[Work to be completed] Within the data below, copy each line where the string "writer" is found.

======

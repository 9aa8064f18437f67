//! An event, whose kind is a field.
//!
//! Made by `./format` from formats/event.fields: edit that file and make this one anew.
ghost use Rattle.bitstream_messages.specs.Event.{event_decoder, event_writes, event_size, event_bits, Fits, becomes_event, kind_of, kind_number, kind_read, what_number, what_read, what_writes, mark_error};
ghost use Rattle.bitstream_messages.specs.declared.event.Event.{Event};
ghost use Rattle.std.specs.Prelude.{◌≡◌, ◌<◌, ◌≤◌, ◌*◌, ◌++◌, ℕ, Bool, List, Ok, Err, length, IfOk, IsOk};
ghost use Rattle.std.specs.declared.io.ErrorKind.TheVariants.{WriteZero};
ghost use Rattle.bitstream_io.specs.Callers.{Done, Error, Order, High, bits, write_sequence, ReadsOwn, OwnAnswer, WritesAll, AllAccepted, sequence_length, sure_answer, Stream, same_error};
ghost use Rattle.bitstream_io.specs.SliceMut.{HoldsFirst, written_bytes};

use crate::ack::Ack;
use crate::mark::{Mark, MarkError};
use bitstream_io::{
    BE, BitRead, BitReadExt, BitReader, BitWrite, BitWriteExt, Bits, Error, FromBitStream,
    SliceMut, ToBitStream, pack_into,
};

/// An event, whose kind is a field.
///
/// ```text
///  0                   1                   2                   3
///  0 1 2 3 4 5 6 7 8 9 0 1 2 3 4 5 6 7 8 9 0 1 2 3 4 5 6 7 8 9 0 1
/// +-+-+-+-+-+-+-+-+
/// |      kind     |
/// +-+-+-+-+-+-+-+-+-+-+-+-+-+-+-+-+-+-+-+-+-+-+-+-+-+-+-+-+-+-+-+-+
/// /                 what (Marked, Acked or Plain)                 /
/// +-+-+-+-+-+-+-+-+-+-+-+-+-+-+-+-+-+-+-+-+-+-+-+-+-+-+-+-+-+-+-+-+
/// ```
#[derive(Clone, Copy, Debug, PartialEq)]
pub struct Event {
    /// The kind of the event.
    pub kind: Kind,
    /// The content of the event.
    pub what: What,
}

/// The errors of reading an `Event`.
#[derive(Debug, Drop, thiserror::Error)]
pub enum EventError {
    /// An error of the reader.
    #[error("{0}")]
    Reader(Error),
    /// `kind` is not the number of a case of `Kind`.
    #[error("`kind` is not the number of a case of `Kind`")]
    NoKind,
    /// `What` has no case for `kind`.
    #[error("`What` has no case for `kind`")]
    NoWhat,
    /// An error of a `Mark` that is not the reader's.
    #[error("in a `Mark`: {0}")]
    InMark(MarkError),
}

impl From<Error> for EventError {
    ghost from_gives = { becomes_event };

    fn from(error: Error) -> EventError {
        EventError::Reader(error)
    }
}

/// The kind of the event.
#[derive(Clone, Copy, Debug, PartialEq)]
pub enum Kind {
    /// Encoded as 0.
    Marked,
    /// Encoded as 1.
    Acked,
    /// Encoded as 2.
    Plain,
}

impl Kind {
    /// Decodes a number.
    pub fn of(number: u8) -> Result<Kind, EventError>
        ensures { result ≡ kind_of number }
    {
        if number == 0 {
            return Ok(Kind::Marked);
        }
        if number == 1 {
            return Ok(Kind::Acked);
        }
        if number == 2 {
            return Ok(Kind::Plain);
        }
        Err(EventError::NoKind)
    }

    /// Returns the number of the case.
    pub fn number(self) -> u8
        ensures { result ≡ kind_number self }
    {
        match self {
            Kind::Marked => 0,
            Kind::Acked => 1,
            Kind::Plain => 2,
        }
    }

    /// Reads a number of 8 bits, and decodes it.
    pub fn read<R: BitRead>(reader: &mut R) -> Result<Kind, EventError>
        ensures { ReadsOwn R.source becomes_event (kind_read R.source.order) reader.old result reader.new }
    {
        let number = reader.read::<Bits<8>, u8>()?;
        Kind::of(number)
    }
}

impl From<MarkError> for EventError {
    ghost from_gives = { λ error own. own ≡ mark_error error };

    fn from(error: MarkError) -> EventError {
        match error {
            MarkError::Reader(error) => EventError::Reader(error),
            MarkError::NoMark => EventError::InMark(MarkError::NoMark),
        }
    }
}

/// The content of the event.
#[derive(Clone, Copy, Debug, PartialEq)]
pub enum What {
    /// The case for the number 0.
    Marked(Mark),
    /// The case for the number 1.
    Acked(Ack),
    /// The case for the number 2.
    Plain,
}

impl What {
    /// Returns the number of the case.
    pub fn number(&self) -> u8
        ensures { result ≡ what_number self.now }
    {
        match self {
            What::Marked(_) => 0,
            What::Acked(_) => 1,
            What::Plain => 2,
        }
    }

    /// Reads what follows the number of a case.
    ///
    /// # Errors
    ///
    /// `NoWhat` if no case has the number, before anything is read.
    /// `InMark` if a `Mark` is rejected.
    /// Otherwise the reader's errors, after which it has failed.
    pub fn read<R: BitRead>(reader: &mut R, number: u8) -> Result<What, EventError>
        ensures { ReadsOwn R.source becomes_event (what_read R.source.order number) reader.old result reader.new }
    {
        if number == 0 {
            return Ok(What::Marked(Mark::read(reader)?));
        }
        if number == 1 {
            return Ok(What::Acked(Ack::read(reader)?));
        }
        if number == 2 {
            return Ok(What::Plain);
        }
        Err(EventError::NoWhat)
    }

    /// Writes what follows the number of the case.
    ///
    /// # Errors
    ///
    /// `Checked` for a field that does not fit its bits. The fields before it have been written.
    /// Otherwise the sink's errors.
    pub fn write<W: BitWrite>(&self, writer: &mut W) -> Result<(), Error>
        ensures { WritesAll W.sink (what_writes W.sink.order self.now) writer.old result writer.new }
    {
        match self {
            What::Marked(it) => it.write(writer),
            What::Acked(it) => it.write(writer),
            What::Plain => Ok(()),
        }
    }
}

impl Event {
    /// The number of bits before each line of the description.
    pub const PLACES: [u64; 2] = [0, 8];

    /// Reads the fields in order.
    ///
    /// # Errors
    ///
    /// `NoKind`, `NoWhat` or `InMark`, after the rejected bits have been read.
    /// Otherwise the reader's errors, after which it has failed.
    pub fn read<R: BitRead>(reader: &mut R) -> Result<Event, EventError>
        ensures { ReadsOwn R.source becomes_event (event_decoder R.source.order) reader.old result reader.new }
    {
        let kind = Kind::read(reader)?;
        let what = What::read(reader, kind.number())?;
        Ok(Event { kind, what })
    }

    /// Parses the value at the start of `packet`.
    ///
    /// # Errors
    ///
    /// `NoKind`, `NoWhat` or `InMark` if bits are rejected.
    /// `Reader(EndOfInput)` if the bytes end before the fields do.
    pub fn parse(packet: &[u8]) -> Result<Event, EventError>
        ensures answer { OwnAnswer becomes_event (λ answer. answer)
            (sure_answer ((event_decoder High).reads 0 (bits High packet.now))) result }
        ensures back { (value : Event) (more : List Bool) → Fits value
            → bits High packet.now ≡ write_sequence (event_writes High value) 0 ++ more → result ≡ Ok value }
    {
        event_round_trip();
        Event::read(&mut BitReader::<_, BE>::over(packet))
    }

    /// Writes the fields in order.
    ///
    /// # Errors
    ///
    /// `Checked` for a field that does not fit its bits. The fields before it have been written.
    /// Otherwise the sink's errors.
    pub fn write<W: BitWrite>(&self, writer: &mut W) -> Result<(), Error>
        ensures { WritesAll W.sink (event_writes W.sink.order self.now) writer.old result writer.new }
    {
        writer.write::<Bits<8>, u8>(self.kind.number())?;
        self.what.write(writer)?;
        Ok(())
    }

    /// Writes the fields to the first bytes of a buffer, and returns what was written. The other bytes
    /// stay as they were. Does not allocate.
    ///
    /// # Errors
    ///
    /// `Checked` for the first field that does not fit its bits, however long the buffer is.
    /// `Stream(WriteZero)` if all fields fit, and the buffer is too short for the bits.
    /// After an error, the first bytes of the buffer may have changed.
    pub fn pack_into<'a>(&self, buffer: &'a mut [u8]) -> Result<SliceMut<'a>, Error>
        ensures packed { IfOk result (λ packed. bits High (written_bytes packed) ≡ event_bits self.now) }
        ensures first { IfOk result (HoldsFirst buffer.entry.ghost_name buffer.old) }
        ensures accepted { IsOk result → AllAccepted (event_writes High self.now) 0 }
        ensures misfit { (error : Error) → sequence_length (event_writes High self.now) 0 ≡ Err error
            → result ≡ Err error }
        ensures room { Fits self.now → event_size High self.now ≤ 8 * length buffer.old
            → IsOk result }
        ensures short { Fits self.now → 8 * length buffer.old < event_size High self.now
            → result ≡ Err (Stream WriteZero) }
    {
        pack_into::<BE, Event>(self, buffer)
    }
}

impl FromBitStream for Event {
    type Error = EventError;

    ghost becomes = { becomes_event };

    ghost reads = { event_decoder };

    fn from_reader<R: BitRead>(reader: &mut R) -> Result<Event, EventError> {
        Event::read(reader)
    }
}

impl ToBitStream for Event {
    type Error = Error;

    ghost becomes = { same_error };

    ghost writes = { event_writes };

    fn to_writer<W: BitWrite>(&self, writer: &mut W) -> Result<(), Error> {
        self.write(writer)
    }
}

/// A value that fits its bits is read back as it was written, in either order of bits, at any place.
/// The read takes only the bits that were written: `event_size` is their number.
pub fn event_round_trip()
    ensures back { (o : Order) (value : Event) (at from : ℕ) (more : List Bool) → Fits value
        → let written = write_sequence (event_writes o value) at in
        (event_decoder o).reads from (written ++ more) ≡ Done (length written) (Ok (Ok value)) }
    ensures size { (o : Order) (value : Event) (at : ℕ) → Fits value
        → length (write_sequence (event_writes o value) at) ≡ event_size o value }
{}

======

[Task solution]
    pub fn write<W: BitWrite>(&self, writer: &mut W) -> Result<(), Error>
        ensures { WritesAll W.sink (what_writes W.sink.order self.now) writer.old result writer.new }
            What::Marked(it) => it.write(writer),
            What::Acked(it) => it.write(writer),
    pub fn write<W: BitWrite>(&self, writer: &mut W) -> Result<(), Error>
        ensures { WritesAll W.sink (event_writes W.sink.order self.now) writer.old result writer.new }
        writer.write::<Bits<8>, u8>(self.kind.number())?;
        self.what.write(writer)?;
    fn to_writer<W: BitWrite>(&self, writer: &mut W) -> Result<(), Error> {
        self.write(writer)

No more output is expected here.